The three locking bolts were unscrewed so they were well clear of the mirror cell. Then the three spring loaded collimating bolts were loosened to make sure there was plenty of room for adjustment.

The laser collimator was inserted. The secondary was a bit off because beam missed the marker in the centre of the primary - after fiddling with just the adjusters (Bob's Knobs thank goodness) I found the easiest way to centre the secondary was to twist and hold the stem whilst tweaking the adjusters. After carefully tightening, the red dot was centred on the primary. So far so good.

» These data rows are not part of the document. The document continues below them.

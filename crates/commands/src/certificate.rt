// The text of a certificate.
ghost use Rattle.std.specs.Prelude.{◌≡◌, ◌++◌, List, OnOk, codes, string_bytes, ℕ};
ghost use Rattle.commands.specs.Certificates.{certificate_text};
ghost use Rattle.commands.specs.Printing.{IsReadWhere};

use certificate_texts::{Cert, write_cert};
use sheet_model::Memory;

/// Appends the text of a certificate, without its last line end.
pub(crate) fn say_certificate(cert: &Cert, to: &mut String) -> Result<(), Memory>
    ensures text { OnOk result (string_bytes to.new
        ≡ string_bytes to.old ++ certificate_text cert.now) }
    ensures reads_back { OnOk result (IsReadWhere cert.now) }
{
    // (this call lends the proof that the nodes list one tree)
    let _nodes = cert.tree.nodes();
    let mut text = String::new(*to.allocator());
    write_cert(&cert.tree, &cert.claim, cert.value, &mut text)?;
    to.push_str(before_line_end(text.as_str()))?;
    Ok(())
}

// What stands before the line end with which the text ends.
fn before_line_end(text: &str) -> &str
    ensures { (front : List ℕ) → text.now ≡ front ++ codes "\n" → result.now ≡ front }
{
    match text.strip_suffix('\n') {
        Some(front) => front,
        None => text,
    }
}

The return beam didn't go into the focuser tube, so it took a bit of fiddling with the primary's collimating bolts to get it there and then some gentle tweaking to get it centred on the Baaders little screen. The three locking bolts were tightened and that was that ....... or so I thought.

The scope was new to me, so the views looked great but not quite as sharp as I expected, so I assumed moving it around the garden may have affected it. I'd also noticed there was a bit of a rattle when I carried it, so I looked for what was rattling ... it was the primary mirror cell.

The locking screws were screwed in to their full extent but because I'd collimated with the collimating bolts too loose, the locking bolts did not reach the mirror cell to lock it in place. To fix it, the locking bolts were loosened again and the collimating bolts tightened quite a lot to pull the mirror cell down against the springs, to a lower level. Collimation was repeated and when the locking bolts were tightened, now they pressed against the mirror cell holding it in place.

Since then the scope has been round the garden a few times and had a night out at Lightbucket's and only needed a tiny tweak.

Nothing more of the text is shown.